AI chatbot for the data lakehouse. Connects to Marina via OAuth, answers questions with inline tables and Plotly charts.
The package is deliberately self-contained: it depends only on environment variables and a small set of third-party libraries. It can be embedded in a host application as a FastAPI sub-app or run standalone via the included main.py.
docker build -t lakehouse-insight .
docker run -p 8000:8000 \
-e MARINA_URL=https://marina.example.com \
-e LLM_BASE_URL=https://mindrouter.example.com/v1 \
-e LLM_API_KEY=... \
-e LLM_MODEL=gpt-4o-mini \
-v /local/state:/var/lib/insight \
lakehouse-insightOpen http://localhost:8000/ and configure the Marina client_id + private key on first run.
import insight
app.mount("/insight", insight.build_app())The host app gets all routes under /insight/*. Templates and static assets resolve relative to the package directory.
| Variable | Required | Default | Purpose |
|---|---|---|---|
MARINA_URL |
yes | -- | Base URL of the Marina deployment |
LLM_BASE_URL |
yes | -- | OpenAI-compatible LLM endpoint |
LLM_API_KEY |
yes | -- | API key for the LLM endpoint |
LLM_MODEL |
yes | -- | Model identifier passed to the LLM |
INSIGHT_CREDENTIALS_FILE |
no | /var/lib/insight/insight_credentials.json |
Where client_id + private key are stored, mode 0600 |
AUTH_TOKEN_AUDIENCE |
no | marina |
Expected aud claim on assertion JWTs |
PORT |
no | 8000 |
Listen port (standalone only) |
See .env.example for a starting template.
Insight is a Marina client. On startup the user pastes their client_id and a private key generated by Shipyard.
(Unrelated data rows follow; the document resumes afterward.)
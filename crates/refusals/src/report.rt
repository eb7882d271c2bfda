//! The report of these tests: its files and its document, written out.

use oim_meta::{Limits, MetaFault, Report, read_parameters, read_report, read_types};
use std::alloc::Global;

/// A metadata of two tables, in the JSON of xBRL-CSV 1.0.
pub(crate) const METADATA: &[u8] =
    br##"{"documentInfo":{"documentType":"https://xbrl.org/2021/xbrl-csv",
"namespaces":{"eg":"http://example.com/eg"},"taxonomy":["http://example.com/eg.xsd"]},
"parameterURL":"parameters.csv","parameters":{"c":"eg:Cash"},
"dimensions":{"entity":"eg:A1","period":"2021"},
"tableTemplates":{"p":{"columns":{
"cash":{"dimensions":{"concept":"$c","eg:Branch":"#nil"},"decimals":0,"propertiesFrom":["g"]},
"g":{"propertyGroups":{"x":{"dimensions":{"language":"en"}}}},
"note":{"dimensions":{"concept":"eg:Note"}}}}},
"tables":{"t1":{"url":"t1.csv","template":"p","parameters":{"d":"1"}},"t2":{"url":"t2.csv","template":"p"}}}
"##;

/// The types of its concepts and dimensions.
pub(crate) const TYPES: &[u8] =
    b"namespace,name,type\nhttp://example.com/eg,Cash,integer\nhttp://example.com/eg,Note,text\nhttp://example.com/eg,Branch,typed\n";

/// Its parameters file.
pub(crate) const PARAMETERS: &[u8] = b"name,value\ne,2\n";

/// The file of the first table: two rows.
pub(crate) const FIRST: &[u8] = b"cash,note,g\n100,first,x\n200,second,x\n";

/// The file of the second table: a row whose text is longer than those of the first table, so that
/// it needs more memory.
pub(crate) const SECOND: &[u8] =
    b"note\n\"The note of the second table is so long that the texts of its row take more memory than all of the first table, and so memory may run out here alone. It says nothing else, but it says this once more: the note of the second table is so long that the texts of its row take more memory than all of the first table.\"\n";

/// The head of its document.
pub(crate) const HEAD: &[u8] =
    br#"{"documentInfo":{"documentType":"https://xbrl.org/2021/xbrl-json","namespaces":{"eg":"http://example.com/eg"},"taxonomy":["http://example.com/eg.xsd"]},"facts":{"#;

/// Its document: the facts of the two rows of the first table, and that of the second table.
pub(crate) const DOCUMENT: &[u8] =
    br#"{"documentInfo":{"documentType":"https://xbrl.org/2021/xbrl-json","namespaces":{"eg":"http://example.com/eg"},"taxonomy":["http://example.com/eg.xsd"]},"facts":{"t1.r_1.cash":{"decimals":0,"dimensions":{"concept":"eg:Cash","eg:Branch":null,"entity":"eg:A1","period":"2021-01-01T00:00:00/2022-01-01T00:00:00"},"value":"100"},"t1.r_1.note":{"dimensions":{"concept":"eg:Note","entity":"eg:A1","period":"2021-01-01T00:00:00/2022-01-01T00:00:00"},"value":"first"},"t1.r_2.cash":{"decimals":0,"dimensions":{"concept":"eg:Cash","eg:Branch":null,"entity":"eg:A1","period":"2021-01-01T00:00:00/2022-01-01T00:00:00"},"value":"200"},"t1.r_2.note":{"dimensions":{"concept":"eg:Note","entity":"eg:A1","period":"2021-01-01T00:00:00/2022-01-01T00:00:00"},"value":"second"},"t2.r_1.note":{"dimensions":{"concept":"eg:Note","entity":"eg:A1","period":"2021-01-01T00:00:00/2022-01-01T00:00:00"},"value":"The note of the second table is so long that the texts of its row take more memory than all of the first table, and so memory may run out here alone. It says nothing else, but it says this once more: the note of the second table is so long that the texts of its row take more memory than all of the first table."}}}
"#;

/// The text after its facts.
pub(crate) const TAIL: &[u8] = b"}}\n";

/// Returns the report.
pub(crate) fn report(alloc: Global) -> Result<Report, MetaFault> {
    let types = read_types(alloc, TYPES)?;
    let parameters = read_parameters(alloc, PARAMETERS)?;
    read_report(alloc, METADATA, parameters, types, Limits::profile())
}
Each Marina request mints a short-lived bearer via POST /auth/token (RFC 7523 client_assertion), caches it in process until near expiry, and reuses it for /query, /files, and any future SQL gateway calls.
GET /-- chat UIGET /llm-status-- probe LLM connectivityGET /tables-- list views the configured client can readPOST /config-- save credentialsPOST /chat-- streaming chat (SSE)GET /preview/{file_hash}-- proxy a file from Marina for preview rendering
insight/ # the package itself
__init__.py # build_app()
auth.py # OAuth client_credentials + bearer cache
credentials.py # file-backed client_id + private key
llm.py # LLM streaming agent + tool definitions
marina_client.py # Marina REST wrappers
routes.py # FastAPI routes
templates/ # insight.html + _layout.html
main.py # standalone entry point
Dockerfile
requirements.txt
.env.example
Extracted from the data-lakehouse monorepo (issue #222). The package is functionally identical to the embedded version that ships with Shipyard; this repo is the source of truth going forward.